3. If, after step 2, a common observation of dt and late numeracy-based years of schooling exists, apply the factor, which is implied by the ratio of both measures and replace the missing values in dt by the adjusted late numeracy-based schooling duration series. If more than one common observation exists, choose the earliest possible data point common to both series.

4. If, after step 3, a common observation of dt and literacy-based years of schooling exists, apply the factor which is implied by the ratio of both measures and replace the missing values in dt by the adjusted literacy-based schooling duration series. If more than one common observation exists, choose the one with the lowest estimated value for literacy-based years of schooling, because the estimates are more accurate at lower levels of literacy.

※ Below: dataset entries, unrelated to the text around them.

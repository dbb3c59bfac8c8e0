//! The table of versions, and what each event does to it.

ghost use Rattle.std.specs.Prelude.{◌≡◌, ℕ, ◌<◌, ◌≤◌, max, IfOk, OnErr, MatchBool, MatchOption, slice_get};
ghost use Rattle.std.specs.Prelude.{slice_index, Some};
ghost use Rattle.version_core.specs.State.{start, edition_of, looked, arrived, departed, joined};
ghost use Rattle.version_core.specs.Steps.{IsIdle, HasLooked, Holds, StaysAt, IsFree, IsOpen, IsClosing};
ghost use Rattle.version_core.specs.Steps.{IsUnpublished, IsOutdated, IsSettled, IsNoted};
ghost use Rattle.version_core.specs.Steps.{MayOpen, Grows, OpensLeast, Step, LookStep, TakeStep, DropStep};
ghost use Rattle.version_core.specs.Steps.{OpenStep, PublishStep, CloseStep, CollectStep};
ghost use Rattle.version_core.specs.Steps.{AskStep, NoteStep, JoinStep};
ghost use Rattle.version_core.specs.Invariants.{KeepsInvariants};
ghost use Rattle.version_core.specs.declared.event.Event.{Event};
ghost use Rattle.version_core.specs.declared.event.Reply.{Reply};
ghost use Rattle.version_core.specs.declared.state.Worker.{Worker};

use crate::event::{Event, Reply};
use crate::state::{MOST_VERSIONS, Shelf, Worker};
use std::alloc::{AllocError, Global};
use std::marker::Model;

/// The table: eight shelves, sixteen workers, the edition of each version, and the versions whose notices are out.
///
/// Each event is a method of its own as well as a case of `step`.
#[derive(Drop)]
pub struct Core {
    current: u64,
    current_shelf: usize,
    shelves: [Shelf; 8],
    counts: [u8; 8],
    workers: [Worker; 16],
    seen: [u64; 16],
    editions: Vec<u64>,
    notices: Vec<u64>,
}

impl Model for Core {
    ghost use Rattle.version_core.specs.State.{State};
    ghost use Rattle.version_core.specs.Invariants.{KeepsInvariants};

    ghost Value = { State };

    ghost view = { λ c. record {
      current = c.current;
      current_shelf = c.current_shelf;
      shelves = c.shelves;
      counts =
          c.counts;
      workers = c.workers;
      seen = c.seen;
      editions = c.editions.items;
      notices = c.notices.items;
    } };

    ghost invariant = { λ c. KeepsInvariants (record {
      current = c.current;
      current_shelf = c.current_shelf;
      shelves =
          c.shelves;
      counts = c.counts;
      workers = c.workers;
      seen = c.seen;
      editions = c.editions.items;
      notices =
          c.notices.items;
    }) };
}
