//! The events of the table of versions, and the replies to them.

/// What may happen to the table. Workers are numbered from 0 to 15, shelves from 0 to 7.
#[derive(Clone, Copy, PartialEq, Eq, Debug)]
pub enum Event {
    /// An idle worker looks at the current version.
    Look { worker: usize },
    /// A worker that has looked goes to the shelf that it saw.
    Take { worker: usize },
    /// A worker leaves the shelf that it holds, or at which it is late.
    Drop { worker: usize },
    /// A free shelf is opened with an edition, as the next version.
    Open { edition: u64 },
    /// The version that is open and unpublished becomes the current one.
    Publish,
    /// An open shelf whose version is neither current nor unpublished is closed.
    Close { shelf: usize },
    /// A closing shelf is freed, if no worker is there.
    Collect { shelf: usize },
    /// A worker asks for the version that it holds and its edition.
    Ask { worker: usize },
    /// A notice of the current version goes out.
    Note,
    /// A worker that is idle or holds a version takes in a notice of this version: from then on it
    /// has seen that version.
    Join { worker: usize, version: u64 },
}

/// The reply to an event.
#[derive(Clone, Copy, PartialEq, Eq, Debug)]
pub enum Reply {
    /// The current version, and its shelf.
    Looked { version: u64, shelf: usize },
    /// The worker holds the version that it had looked at.
    Holds { version: u64 },
    /// The shelf no longer has the version that the worker had looked at.
    Late,
    /// The worker is idle again.
    Dropped,
    /// The new version, and its shelf.
    Opened { version: u64, shelf: usize },
    /// No shelf is free. The counts say how many workers are at each of the eight.
    NoRoom { counts: [u8; 8] },
    /// The new current version.
    Published { version: u64 },
    /// The shelf is closing.
    Closing,
    /// The shelf is free.
    Freed,
    /// This many workers are still at the shelf.
    Busy { count: u8 },
    /// The version that the worker holds, and its edition.
    From { version: u64, edition: u64 },
    /// A notice of this version went out.
    Noted { version: u64 },
    /// The greatest version that the worker has seen.
    Joined { seen: u64 },
    /// The event isn't possible in this state, and changed nothing.
    NotNow,
}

5. If, after step 4, a common observation of dt and early numeracy-based years of schooling exists, apply the factor which is implied by the ratio of both measures and replace the missing values in dt by the adjusted early numeracy-based schooling duration series. If more than one common observation exists, choose the one with the lowest estimated value for early-numeracy-based years of schooling.

6. If, after step 5, no common observation of dt and early numeracy-based years of schooling exists, apply the factor from step 3. and replace the missing values in dt by the adjusted early numeracy-based schooling duration series. Further, interpolate or extrapolate the adjusted series based on literacy-based schooling duration, if the latter is available and early-numeracy-based schooling duration is not.

7. Replace missing values in dt by the unadjusted late numeracy-based schooling duration series interpolated with the help of literacy-based schooling duration.

Innovation and Growth on a Macro Level, 1500-1990 157

8. Replace missing values in dt by the unadjusted late numeracy-based schooling duration series interpolated with the help of early numeracy-based schooling duration.

9. Replace missing values in dt by the unadjusted early numeracy-based schooling duration series interpolated with the help of literacy-based schooling duration.

Next, looking at the resulting time series graphically, few corrections were advised to achieve overall plausible curves:

• For China in 1950, 1960, and 1970, the values were replaced by the respective figures from Morrison and Murtin (1970).

• In the case of Czechoslovakia, the converted years of schooling measures could not be matched with the series by Barro and Lee (2001) on the basis of a common observation. Hence, it was aligned with the figure by Morrison and Murtin (2007) for Eastern European countries in 1870.

• In the case of Romania, the literacy-based measure is preferred over the late numeracy-based.

• For Sweden, the literacy-based measure has been appended without applying the respective adjustment factor, because this would lead to implausibly high values for the literacy-based schooling estimates.

Eventually, interpolations were made to the final series, if one or two decades were missing.